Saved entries
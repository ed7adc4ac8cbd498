//! std's readers as sources. The first fault of any kind is final.
ghost use Rattle.std.specs.Prelude.{◌≡◌, true, false, is_err};
ghost use Rattle.std.specs.Io.{ReadsAtMost};
ghost use Rattle.std.specs.Io.KnownBytes.{ReadConsumes};

use super::single_calls::keep_fault;
use super::{Failed, Source};
use std::io::Read;
use std::marker::Model;

/// A reader as a source. It tells its bytes where the reader does.
#[derive(Drop)]
pub struct FromRead<R> {
    reader: R,
    failed: bool,
}

impl<R> Model for FromRead<R> {
    ghost use Rattle.sgb_file.specs.Devices.{Adapted};
    ghost use Rattle.sgb_file.specs.inner.Devices.{adapted_code};

    ghost Value = { Adapted R };

    ghost coded = { adapted_code R.code };

    ghost view = { λ source. record { inner = source.reader; failed = source.failed } };
}

impl<R> FromRead<R> {
    /// A source that reads from `reader`.
    pub fn new(reader: R) -> FromRead<R>
        ensures inner { result.inner ≡ reader }
        ensures sound { result.failed ≡ false }
    {
        FromRead {
            reader,
            failed: false,
        }
    }
}

impl<R: Read> Source for FromRead<R> {
    ghost remaining = { λ source. R.remaining source.inner };

    ghost has_failed = { λ source. source.failed };

    /// Reads once. `Failed` where the source had failed, and then the reader is left alone, or where the read
    /// fails, also by an interrupt.
    fn take(&mut self, buffer: &mut [u8]) -> Result<usize, Failed>
        ensures bound { ReadsAtMost result buffer.new }
        ensures gave { ReadConsumes (R.remaining self.old.inner) (R.remaining self.new.inner) result
            buffer.new }
        ensures failed { self.new.failed ≡ is_err result }
        ensures stays_failed { self.old.failed ≡ true → self.new.failed ≡ true }
        ensures left_alone { self.old.failed ≡ true → self.new ≡ self.old }
        ensures untouched { self.old.failed ≡ true → buffer.new ≡ buffer.old }
    {
        if self.failed {
            return Err(Failed);
        }
        let returned = self.reader.read(buffer);
        keep_fault(&mut self.failed, returned)
    }

    /// Whether a read failed.
    fn failed(&self) -> bool
        ensures { result ≡ self.now.failed }
    {
        self.failed
    }
}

• [TASK DETAILS]
Give the number of lines in the data above that contain the word "super", with no accompanying text.

• [SOLUTION TO THIS EXERCISE]
2